Chunky Monkey

Chunky Monkey

Thursday, October 28, 2010

Day 25

It was so nice to eat something other than salmon today!!!! That pretty much sums up day 25. It was a weird day for me. I scrambled everywhere I went and yet accomplished nothing. I did manage to squeeze my workout in. I did back and triceps today. Although, I struggled as my left arm is a wee bit tender from the ever so controversial flu shot. Don't ask me what I think about it because I don't know. I alternate...I get it every other year. So I agree with the naysayers on odd years and on even years I go along with the throngs of people desperate to hit the pit and get a little serum for the flu bug.
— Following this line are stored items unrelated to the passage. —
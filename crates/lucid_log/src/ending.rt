// The last line of a network's run.
ghost use Rattle.std.specs.Prelude.{OnOk, OnErr};
ghost use Rattle.lucid_io.specs.Puts.{PutsAll, PutsPart};
ghost use Rattle.lucid_log.specs.Ending.{ending_text};

use crate::pieces::{Piece, put_pieces};
use lucid_io::{Sink, WriteFault};

/// Writes how many events entered, were lost, and never entered (`ending_text`): all of the line, or a proper prefix of it
/// if the sink's count of faults rose in this call.
pub fn put_ending<S: Sink>(
    sink: &mut S,
    entered: u64,
    lost: u64,
    pending: u64,
) -> Result<(), WriteFault>
    ensures all { OnOk result (PutsAll S.written S.faults sink.old sink.new (ending_text entered lost pending)) }
    ensures part { OnErr result (PutsPart S.written S.faults sink.old sink.new (ending_text entered lost pending)) }
{
    put_pieces(
        sink,
        &[
            Piece::Text(b"entered "),
            Piece::Number(entered),
            Piece::Text(b" lost "),
            Piece::Number(lost),
            Piece::Text(b" pending "),
            Piece::Number(pending),
            Piece::Text(b"\n"),
        ],
    )
}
Balance and harmony....lol.

After the gym, I did laundry, fed the dog, dropped off the dry cleaning, returned the empties, picked up water, came home, cleaned my purse, made supper, cleaned up supper, organized the krazy closet, did dishes, candled my girls waxy ears, packed my lunch for tomorrow.....and now I am going through emails, blogging and anticipating a very busy and full tomorrow. I am so behind and I don't like that feeling. Anxiety, anxiety go away....come again another day....little Andrea wants to play.....

I am going to weigh myself tomorrow as I have entered a little weightloss contest with some peops in Alberta. So, I am hoping that I am down in weight. I am already nervous about the scale. I don't like the scale, it is always so brutally honest...can't it just be nice to me? I think that honesty is important...but once in a while..just say something that makes me feel good. Maybe I am just over sensitive when the scale talks to me. But to be honest, it has been really really rude to me in the past and I am not sure I want to be in a relationship with it anymore. What the heck does it know anyways? And who the heck gave it permission to tell me how fat I am??? And why didn't Snow White get on a scale instead of looking into a talking mirror. That is a reality all of us girls have to face at some point. And everybody knows that mirror's don't talk!! How dumb!! I guess that skinny little broad didn't have to worry about her weight. She is SO fairytale. Get a grip on reality Snow White! YOU AREN'T REAL AND NEITHER ARE YOUR BOOBS, JET BLACK HAIR AND SLENDER LEGS! And honestly, is it really that flattering to have a swarm of dwarves trailing you every where you go?

So, that brings me to my next question....(Rant begins....)how often does Barbie have to work out???? Does she go to the gym 6 days per week and eat a lot, I mean a lot of tuna? How come there are no Barbies who have big thighs and a fat arse? WHY NOT MATTEL?? YOU TELL ME WHY NOT??? And you tell me, does Barbie pull a muscle in her stomach on tricep and back day? And does she feel angry because she couldn't get through all her core excercises because of the pulled muscle? And does she go home and take it all out on Ken? And does Ken get mad at her and tell her to settle down? Do the little Barbie babies fight with each other? Do they pull each other's hair and scream and refuse to eat their veggies?? And does Ken remember to take the garbage out on garbage day??? And does Barbie throw her scale through the window and utter curse words at it as it shatters in the street? You tell me Mattel....what is Barbie's life like.....for real? I want a pleasantly plump Barbie with saggy boobs, varicose veins, disheveled hair and a smile on her face because she is REAL.... That's what I want!! (Rant over!)

It's okay to take the bad day out on Barbie...she has no feelings...she's a total plastic. LOL!!